§ **Input material**

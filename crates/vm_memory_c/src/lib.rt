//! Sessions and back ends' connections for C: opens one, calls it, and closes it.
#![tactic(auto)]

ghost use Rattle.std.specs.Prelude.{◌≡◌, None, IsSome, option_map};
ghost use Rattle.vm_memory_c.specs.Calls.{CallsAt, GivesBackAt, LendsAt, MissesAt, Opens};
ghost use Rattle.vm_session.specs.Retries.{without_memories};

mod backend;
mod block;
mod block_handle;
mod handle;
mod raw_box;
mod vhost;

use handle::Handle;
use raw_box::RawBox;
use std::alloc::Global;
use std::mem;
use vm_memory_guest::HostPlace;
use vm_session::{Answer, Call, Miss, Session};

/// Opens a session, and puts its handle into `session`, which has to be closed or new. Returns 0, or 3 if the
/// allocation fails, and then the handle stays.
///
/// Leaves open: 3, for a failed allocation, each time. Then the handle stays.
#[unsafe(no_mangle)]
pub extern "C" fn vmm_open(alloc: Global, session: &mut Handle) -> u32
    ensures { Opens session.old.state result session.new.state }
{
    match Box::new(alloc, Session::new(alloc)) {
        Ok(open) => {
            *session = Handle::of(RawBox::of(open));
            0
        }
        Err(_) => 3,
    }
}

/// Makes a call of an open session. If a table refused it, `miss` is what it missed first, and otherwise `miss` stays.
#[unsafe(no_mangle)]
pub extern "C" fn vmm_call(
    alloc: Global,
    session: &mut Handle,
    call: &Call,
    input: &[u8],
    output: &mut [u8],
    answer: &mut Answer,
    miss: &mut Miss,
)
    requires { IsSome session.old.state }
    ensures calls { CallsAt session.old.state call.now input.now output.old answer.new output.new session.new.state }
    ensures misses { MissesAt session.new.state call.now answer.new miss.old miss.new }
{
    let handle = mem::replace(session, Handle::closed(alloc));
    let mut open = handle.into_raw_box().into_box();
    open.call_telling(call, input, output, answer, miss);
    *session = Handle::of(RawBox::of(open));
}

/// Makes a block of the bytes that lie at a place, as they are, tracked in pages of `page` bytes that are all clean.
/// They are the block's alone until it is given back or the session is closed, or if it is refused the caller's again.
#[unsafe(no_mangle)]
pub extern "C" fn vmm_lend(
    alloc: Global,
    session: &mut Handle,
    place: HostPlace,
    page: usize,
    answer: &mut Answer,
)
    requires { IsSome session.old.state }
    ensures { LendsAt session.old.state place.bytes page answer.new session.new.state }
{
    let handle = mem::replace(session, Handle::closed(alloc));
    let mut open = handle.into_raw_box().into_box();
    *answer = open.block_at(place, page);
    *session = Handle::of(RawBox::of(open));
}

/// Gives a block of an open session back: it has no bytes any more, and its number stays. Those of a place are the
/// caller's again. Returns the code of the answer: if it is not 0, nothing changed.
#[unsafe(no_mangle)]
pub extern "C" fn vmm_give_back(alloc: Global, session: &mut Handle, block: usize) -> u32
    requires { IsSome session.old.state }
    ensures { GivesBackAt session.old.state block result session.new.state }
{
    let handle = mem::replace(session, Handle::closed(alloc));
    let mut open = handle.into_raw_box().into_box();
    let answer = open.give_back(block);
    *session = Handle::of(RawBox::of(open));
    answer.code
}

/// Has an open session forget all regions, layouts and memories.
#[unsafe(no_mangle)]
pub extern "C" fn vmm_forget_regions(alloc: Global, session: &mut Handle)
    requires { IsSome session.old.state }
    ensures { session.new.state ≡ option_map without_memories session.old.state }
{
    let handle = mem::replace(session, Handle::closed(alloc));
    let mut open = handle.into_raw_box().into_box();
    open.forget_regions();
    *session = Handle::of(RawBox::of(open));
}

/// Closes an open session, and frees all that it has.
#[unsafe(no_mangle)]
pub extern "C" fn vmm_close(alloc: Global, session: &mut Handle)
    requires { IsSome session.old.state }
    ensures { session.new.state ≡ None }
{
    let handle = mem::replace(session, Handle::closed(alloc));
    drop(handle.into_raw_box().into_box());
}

§ **Work instructions**
Extract all lines of the records above that include "MissesAt".

§ **Answer to this task**
ghost use Rattle.vm_memory_c.specs.Calls.{CallsAt, GivesBackAt, LendsAt, MissesAt, Opens};
    ensures misses { MissesAt session.new.state call.now answer.new miss.old miss.new }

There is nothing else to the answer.